SPAIN: Eco car sales to more than double by 2012

By just-auto.com editorial team | 6 November 2007

Spain's eco-friendly car sector is set to boom and could account for 17% of the Iberian country's car market by 2012, fuelled by government tax cuts aimed at jump-starting the segment, a leading industry official told just-auto.

In 2012, Spain could sell 309,987 eco cars, 17% of a sales forecast 1.82m units. That compares with 120,000 or 8% of the 1.6m cars sold in 2007.

Faconauto counted all cars that emit less than 140g/km of CO2 including small and mini-segment diesel-powered cars, flex fuel, hybrid electric and compressed gas (CNG) models when crunching the numbers.
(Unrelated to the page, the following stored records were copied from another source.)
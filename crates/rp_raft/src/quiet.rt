//! Events after which nothing is sent. They take no memory, so they happen at once, without a plan.

ghost use Rattle.std.specs.Prelude.{◌≡◌, ℕ, ◌+◌, ◌<◌, ◌^◌, false, IsTrue};
ghost use Rattle.rp_raftlog.specs.LogState.{last_index};
ghost use Rattle.rp_raftstep.specs.declared.events.RaftEvent.TheVariants.{Receive, Tick};
ghost use Rattle.rp_raftstep.specs.declared.messages.Message.TheVariants.{AppendReply};
ghost use Rattle.rp_raftstep.specs.Step.{advanced, patience, step};
ghost use Rattle.rp_raft.specs.Held.{IsSound};
ghost use Rattle.rp_raft.specs.Plans.{with_head};
ghost use Rattle.rp_raft.specs.Quiet.{counted, leaves_nothing, only_counts, quietly};

use crate::commits::commit_after;
use crate::heads::{observe, patience};
use crate::rafts::Raft;
use rp_base::NodeId;
use rp_raftstep::{Due, Head, Role};

/// The head once a tick is counted.
fn counted(head: &Head) -> Head
    requires beat { head.now.beat < 2 }
    requires silent { head.now.silent < patience head.now.node }
    ensures { result ≡ counted head.now }
{
    if head.role == Role::Leader {
        return Head {
            beat: head.beat + 1,
            ..*head
        };
    }
    // Patience is short, and not yet at its end.
    let most = patience(head.node);
    prove!(head.silent < most);
    Head {
        silent: head.silent + 1,
        ..*head
    }
}

impl<S: Drop> Raft<S> {
    /// The head becomes this one, and the commit index of a leader moves on.
    #[tactic(auto, using(crate::proofs::Silence::moves_on))]
    fn becomes(&mut self, head: Head)
        requires { IsSound (with_head self.old.raft head) }
        ensures raft { self.new.raft ≡ advanced (with_head self.old.raft head) }
        ensures room { self.new.spare ≡ self.old.spare }
    {
        let commit = commit_after(&head, &self.log, &[]);
        self.head = Head { commit, ..head };
    }

    /// Whether a tick is counted and no more: nothing is sent, and no term begins.
    pub fn only_counts(&self) -> bool
        ensures { result ≡ only_counts self.now.raft.head }
    {
        let head = &self.head;
        if head.role == Role::Leader {
            return head.beat + 1 != 2;
        }
        patience(head.node) != head.silent + 1
    }

    /// Time goes on by one tick, which is counted and no more. It takes no memory.
    #[tactic(auto, using(crate::proofs::Silence::counts, crate::proofs::Silence::sound_counted))]
    pub fn count_tick(&mut self)
        requires { IsTrue (only_counts self.old.raft.head) }
        ensures step { (applied : ℕ) (snapshot : S)
            → step applied snapshot self.old.raft Tick ≡ quietly self.new.raft }
        ensures room { self.new.spare ≡ self.old.spare }
    {
        let head = counted(&self.head);
        self.becomes(head);
    }

    /// The answer of a peer to an `Append` or a `Snap` comes. Where something is left to be sent the
    /// answer is `false`, and nothing has happened. It takes no memory.
    #[tactic(auto, using(crate::proofs::Silence::hears, crate::proofs::Silence::leaves))]
    pub fn hear(&mut self, from: NodeId, term: u64, ok: bool, index: u64) -> bool
        requires { last_index self.old.raft.log + 1 < 2 ^ 64 }
        ensures heard { result ≡ leaves_nothing self.old.raft from term ok index }
        ensures step { IsTrue result → (applied : ℕ) (snapshot : S)
            → step applied snapshot self.old.raft (Receive from (AppendReply term ok index))
            ≡ quietly self.new.raft }
        ensures stays { result ≡ false → self.new.raft ≡ self.old.raft }
        ensures room { self.new.spare ≡ self.old.spare }
    {
        let mut head = self.head;
        observe(&mut head, term);
        let due = self.note_reply(&mut head, from, term, ok, index);
        if due != Due::Nobody {
            return false;
        }
        self.becomes(head);
        true
    }
}
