//! Small changes and tests of a head.

ghost use Rattle.std.specs.Prelude.{◌≡◌, ◌+◌, ◌<◌, ◌≤◌, ◌^◌};
ghost use Rattle.rp_raftstep.specs.RaftState.{is_majority};
ghost use Rattle.rp_raftstep.specs.Step.{candidate, following, is_elected, may_vote, observed, patience};

use rp_base::NodeId;
use rp_raftstep::{Head, Role};

/// The place of a node in a table.
pub(crate) fn place(node: NodeId) -> usize
    ensures behind { result + 1 ≡ node }
    ensures within { result < 5 }
{
    (node.get() - 1) as usize
}

/// Any message but `Forward` with a higher term: that term comes first.
pub(crate) fn observe(head: &mut Head, term: u64)
    ensures { head.new ≡ observed head.old term }
{
    if head.term < term {
        head.term = term;
        head.vote = None;
        head.role = Role::Follower;
        head.leader = None;
    }
}

/// The sender leads the present term.
pub(crate) fn follow(head: &mut Head, from: NodeId)
    ensures { head.new ≡ following head.old from }
{
    head.role = Role::Follower;
    head.leader = Some(from);
    head.silent = 0;
}

/// It stands for election in the next term.
pub(crate) fn stand(head: &mut Head)
    requires { head.old.term + 1 < 2 ^ 64 }
    ensures { head.new ≡ candidate head.old }
{
    head.term += 1;
    head.vote = Some(head.node);
    head.role = Role::Candidate;
    head.leader = None;
    head.votes = [false; 5];
    head.votes[place(head.node)] = true;
    head.silent = 0;
}

/// How many ticks a node waits for a leader (this project).
pub(crate) fn patience(node: NodeId) -> u64
    ensures value { result ≡ patience node }
    ensures small { result ≤ 25 }
{
    10 + 3 * u64::from(node.get())
}

/// Whether the vote of this term is free for the node, or is its own already.
pub(crate) fn may_vote(head: &Head, node: NodeId) -> bool
    ensures { result ≡ may_vote head.now node }
{
    match head.vote {
        Some(vote) => vote == node,
        None => true,
    }
}

/// Whether so many are more than half of the nodes.
pub(crate) fn is_majority(head: &Head, count: usize) -> bool
    requires { count ≤ 5 }
    ensures { result ≡ is_majority head.now count }
{
    usize::from(head.nodes) < 2 * count
}

/// Whether a majority has voted for the candidate.
pub(crate) fn is_elected(head: &Head) -> bool
    requires { head.now.nodes ≤ 5 }
    ensures { result ≡ is_elected head.now }
{
    let voted = head.votes[..usize::from(head.nodes)]
        .iter()
        .filter(|voted| **voted)
        .count();
    is_majority(head, voted)
}
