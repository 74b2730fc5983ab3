//! What a leader's entries and snapshots do to a replica (Raft 2014, sections 5.3 and 7).

ghost use Rattle.std.specs.Prelude.{◌≡◌, ◌+◌, ◌<◌, ◌^◌, false, length, OnOk};
ghost use Rattle.rp_raftlog.specs.LogState.{has_term};
ghost use Rattle.rp_raftstep.specs.RaftState.{is_leader};
ghost use Rattle.rp_raftstep.specs.declared.messages.Message.TheVariants.{AppendReply};
ghost use Rattle.rp_raftstep.specs.Step.{on_append, on_snap, take_append, take_snap};
ghost use Rattle.rp_raft.specs.Plans.{Drafts, IsBegun, with_head, with_message};

use crate::drafts::answer;
use crate::heads::follow;
use crate::plans::{LogEdit, RaftDraft};
use crate::rafts::Raft;
use rp_base::{NoMemory, NodeId};
use rp_raftlog::Entries;
use rp_raftstep::Message;

impl<S: Drop> Raft<S> {
    /// An answer to a leader.
    fn reply(
        &self,
        draft: &mut RaftDraft<S>,
        to: NodeId,
        ok: bool,
        index: u64,
    ) -> Result<(), NoMemory>
        ensures { OnOk result (draft.new
            ≡ with_message draft.old to (AppendReply draft.old.head.term ok index)) }
    {
        let term = draft.head.term;
        answer(draft, to, Message::AppendReply { term, ok, index })
    }

    /// `Append` of the present term: the log takes the entries in where it matches.
    fn take_append(
        &self,
        draft: &mut RaftDraft<S>,
        from: NodeId,
        prev_index: u64,
        prev_term: u64,
        entries: Entries,
        commit: u64,
    ) -> Result<(), NoMemory>
        requires begun { IsBegun self.now.raft draft.old }
        requires index { prev_index + length entries < 2 ^ 64 }
        requires follows { is_leader draft.old.head.role ≡ false }
        ensures { OnOk result (Drafts self.now.raft.log draft.new
            (take_append (with_head self.now.raft draft.old.head) from prev_index prev_term
            entries commit)) }
    {
        if !self.log.matches(prev_index, prev_term) {
            let known = draft.head.commit;
            return self.reply(draft, from, false, known);
        }
        let end = prev_index + entries.len() as u64;
        let accepted = end.max(self.log.base().0);
        draft.head.commit = draft.head.commit.max(commit.min(end));
        draft.edit = LogEdit::Accepts {
            prev_index,
            prev_term,
            entries,
        };
        self.reply(draft, from, true, accepted)
    }

    /// `Append`.
    pub(crate) fn plan_append(
        &self,
        draft: &mut RaftDraft<S>,
        from: NodeId,
        term: u64,
        prev_index: u64,
        prev_term: u64,
        entries: Entries,
        commit: u64,
    ) -> Result<(), NoMemory>
        requires begun { IsBegun self.now.raft draft.old }
        requires index { prev_index + length entries < 2 ^ 64 }
        ensures { OnOk result (Drafts self.now.raft.log draft.new
            (on_append (with_head self.now.raft draft.old.head) from term prev_index prev_term
            entries commit)) }
    {
        if term < draft.head.term {
            let known = draft.head.commit;
            return self.reply(draft, from, false, known);
        }
        follow(&mut draft.head, from);
        self.take_append(draft, from, prev_index, prev_term, entries, commit)
    }

    /// Whether the log has this term at this index.
    fn has_term(&self, index: u64, term: u64) -> bool
        ensures { result ≡ has_term self.now.raft.log index term }
    {
        self.log.term_at(index) == Some(term)
    }

    /// `Snap` of the present term: the log begins anew behind it, unless it shows the index.
    fn take_snap(
        &self,
        draft: &mut RaftDraft<S>,
        from: NodeId,
        index: u64,
        index_term: u64,
        snapshot: S,
    ) -> Result<(), NoMemory>
        requires begun { IsBegun self.now.raft draft.old }
        requires index { index + 1 < 2 ^ 64 }
        requires follows { is_leader draft.old.head.role ≡ false }
        ensures { OnOk result (Drafts self.now.raft.log draft.new
            (take_snap (with_head self.now.raft draft.old.head) from index index_term snapshot)) }
    {
        if index <= draft.head.commit {
            let known = draft.head.commit;
            return self.reply(draft, from, true, known);
        }
        draft.head.commit = index;
        self.reply(draft, from, true, index)?;
        if !self.has_term(index, index_term) {
            draft.edit = LogEdit::Resets {
                index,
                term: index_term,
            };
            draft.taken = Some((index, snapshot));
        }
        Ok(())
    }

    /// `Snap`.
    #[cold]
    #[inline(never)]
    pub(crate) fn plan_snap(
        &self,
        draft: &mut RaftDraft<S>,
        from: NodeId,
        term: u64,
        index: u64,
        index_term: u64,
        snapshot: S,
    ) -> Result<(), NoMemory>
        requires begun { IsBegun self.now.raft draft.old }
        requires index { index + 1 < 2 ^ 64 }
        ensures { OnOk result (Drafts self.now.raft.log draft.new
            (on_snap (with_head self.now.raft draft.old.head) from term index index_term
            snapshot)) }
    {
        if term < draft.head.term {
            let known = draft.head.commit;
            return self.reply(draft, from, false, known);
        }
        follow(&mut draft.head, from);
        self.take_snap(draft, from, index, index_term, snapshot)
    }
}
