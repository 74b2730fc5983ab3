//! What a message of another replica is planned to do.

ghost use Rattle.std.specs.Prelude.{OnOk};
ghost use Rattle.rp_raftstep.specs.Conditions.{CanRise, MessageFits};
ghost use Rattle.rp_raftstep.specs.Step.{received};
ghost use Rattle.rp_raft.specs.Plans.{Drafts, IsBegun, with_head};

use crate::heads::observe;
use crate::plans::RaftDraft;
use crate::rafts::Raft;
use rp_base::{NoMemory, NodeId};
use rp_raftstep::Message;

impl<S: Drop> Raft<S> {
    /// A message comes. A higher term comes first, but at `Forward`.
    pub(crate) fn plan_message(
        &self,
        draft: &mut RaftDraft<S>,
        from: NodeId,
        message: Message<S>,
    ) -> Result<(), NoMemory>
        requires begun { IsBegun self.now.raft draft.old }
        requires rise { CanRise (with_head self.now.raft draft.old.head) }
        requires fits { MessageFits message }
        ensures { OnOk result (Drafts self.now.raft.log draft.new
            (received (with_head self.now.raft draft.old.head) from message)) }
    {
        match message {
            Message::Vote {
                term,
                last_index,
                last_term,
            } => {
                observe(&mut draft.head, term);
                self.plan_vote(draft, from, term, last_index, last_term)
            }
            Message::VoteReply { term, granted } => {
                observe(&mut draft.head, term);
                self.plan_vote_reply(draft, from, term, granted)
            }
            Message::Append {
                term,
                prev_index,
                prev_term,
                entries,
                commit,
            } => {
                observe(&mut draft.head, term);
                self.plan_append(draft, from, term, prev_index, prev_term, entries, commit)
            }
            Message::AppendReply { term, ok, index } => {
                observe(&mut draft.head, term);
                self.plan_append_reply(draft, from, term, ok, index);
                Ok(())
            }
            Message::Forward { payload } => self.plan_forward(draft, payload),
            Message::Snap {
                term,
                index,
                index_term,
                snapshot,
            } => {
                observe(&mut draft.head, term);
                self.plan_snap(draft, from, term, index, index_term, snapshot)
            }
        }
    }
}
New legislation (from January) to promote low-emission cars waives registration duties for vehicles that emit less than 120g/km and charges 4.75% for cars emitting 120g/km-160g/km of CO2 - down from 6%-12% before. On the other hand, it charges a much higher rate (14.75%) for those emitting more than 200g/km.

Vives expects the initiative to help propel the market and the promising outlook has seen manufacturers scramble to produce more models.

Dealers, too, are rushing to adapt their businesses to meet an expected flood of demand once the tax benefits go into effect.

While Ford, Saab and General Motors are rushing to sell flex-fuel and gas-powered cars in Spain, industry observers said the country's limited filling station network is hampering growth.

So far, the best-selling eco cars are diesel-powered mini models such as the Smart VI (which consumes two litres per 100km) and the Volkswagen Lupo (which can do 100km on three litres). Hybrid models such as the Toyota Prius and Honda Civic Hybrid are also gathering momentum, observers said.

But the eco-car market won't take off unless the government does more to develop Spain's limited pump network.

"The ministry has no plan to develop a pump network and this needs to happen urgently," Vives warned. "If drivers can't fill up these cars, what's the point of having them?"

The automobile industry also needs to pitch in, Vives added.

"Manufactures need to grab the bull by the horns if they want to develop this market. They will have to invest in technology and launch more [programmes] to help promote these vehicles and their infrastructure," he said.

Faconauto reiterated claims that the best way to cut transport-related emissions is to launch a more ambitious Prever (trade-in) programme to phase out older and more polluting vehicles from Spain's roads.

The initiative should also introduce higher incentives for drivers who want to swap their old car for an eco model, Vives said.

Spain must also extend the eco-car development package to the regions, encouraging city halls to introduce tax incentives to reward the vehicles' drivers.

"There is no real environmental consciousness in Spain so anything that helps this to develop would be a very good thing," Vives concluded.